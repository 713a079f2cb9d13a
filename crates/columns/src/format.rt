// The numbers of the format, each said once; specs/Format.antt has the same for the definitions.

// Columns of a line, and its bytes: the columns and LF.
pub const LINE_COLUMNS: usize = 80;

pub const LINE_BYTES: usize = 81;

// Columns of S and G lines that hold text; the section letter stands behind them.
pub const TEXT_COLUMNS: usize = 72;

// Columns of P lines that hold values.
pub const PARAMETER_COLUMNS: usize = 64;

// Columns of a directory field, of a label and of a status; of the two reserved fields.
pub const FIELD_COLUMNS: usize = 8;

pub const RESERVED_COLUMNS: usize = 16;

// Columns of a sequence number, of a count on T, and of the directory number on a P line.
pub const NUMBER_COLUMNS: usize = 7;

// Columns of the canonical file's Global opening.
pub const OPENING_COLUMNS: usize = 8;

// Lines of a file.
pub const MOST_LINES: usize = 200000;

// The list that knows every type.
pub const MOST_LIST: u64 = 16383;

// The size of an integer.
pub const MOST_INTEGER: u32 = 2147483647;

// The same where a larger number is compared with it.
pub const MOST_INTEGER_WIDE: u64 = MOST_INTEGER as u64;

..........

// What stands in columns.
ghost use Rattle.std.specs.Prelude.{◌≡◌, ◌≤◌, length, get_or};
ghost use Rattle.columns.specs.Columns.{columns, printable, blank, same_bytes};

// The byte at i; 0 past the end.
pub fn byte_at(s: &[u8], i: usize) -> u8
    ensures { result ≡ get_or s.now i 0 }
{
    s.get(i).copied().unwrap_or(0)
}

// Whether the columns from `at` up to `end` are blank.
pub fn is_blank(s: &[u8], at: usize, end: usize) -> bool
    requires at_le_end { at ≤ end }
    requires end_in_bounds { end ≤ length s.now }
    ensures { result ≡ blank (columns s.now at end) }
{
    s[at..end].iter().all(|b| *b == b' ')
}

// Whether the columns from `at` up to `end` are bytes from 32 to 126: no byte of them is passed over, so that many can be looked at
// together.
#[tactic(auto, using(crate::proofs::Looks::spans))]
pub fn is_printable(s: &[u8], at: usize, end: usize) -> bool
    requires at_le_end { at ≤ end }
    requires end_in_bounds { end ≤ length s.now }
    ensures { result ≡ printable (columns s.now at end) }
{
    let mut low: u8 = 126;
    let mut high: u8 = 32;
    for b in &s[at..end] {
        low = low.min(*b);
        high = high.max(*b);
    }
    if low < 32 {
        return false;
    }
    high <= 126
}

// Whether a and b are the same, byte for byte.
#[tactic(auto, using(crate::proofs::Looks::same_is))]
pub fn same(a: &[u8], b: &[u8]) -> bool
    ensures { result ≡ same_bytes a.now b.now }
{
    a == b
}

..........

Work task:
Using the material above, transcribe exactly the lines from the line with "for the definitions." to the line with "pub const FIELD_COLUMNS: usize = 8;"; both count, and nothing else goes in.

Answer space:
// The numbers of the format, each said once; specs/Format.antt has the same for the definitions.

// Columns of a line, and its bytes: the columns and LF.
pub const LINE_COLUMNS: usize = 80;

pub const LINE_BYTES: usize = 81;

// Columns of S and G lines that hold text; the section letter stands behind them.
pub const TEXT_COLUMNS: usize = 72;

// Columns of P lines that hold values.
pub const PARAMETER_COLUMNS: usize = 64;

// Columns of a directory field, of a label and of a status; of the two reserved fields.
pub const FIELD_COLUMNS: usize = 8;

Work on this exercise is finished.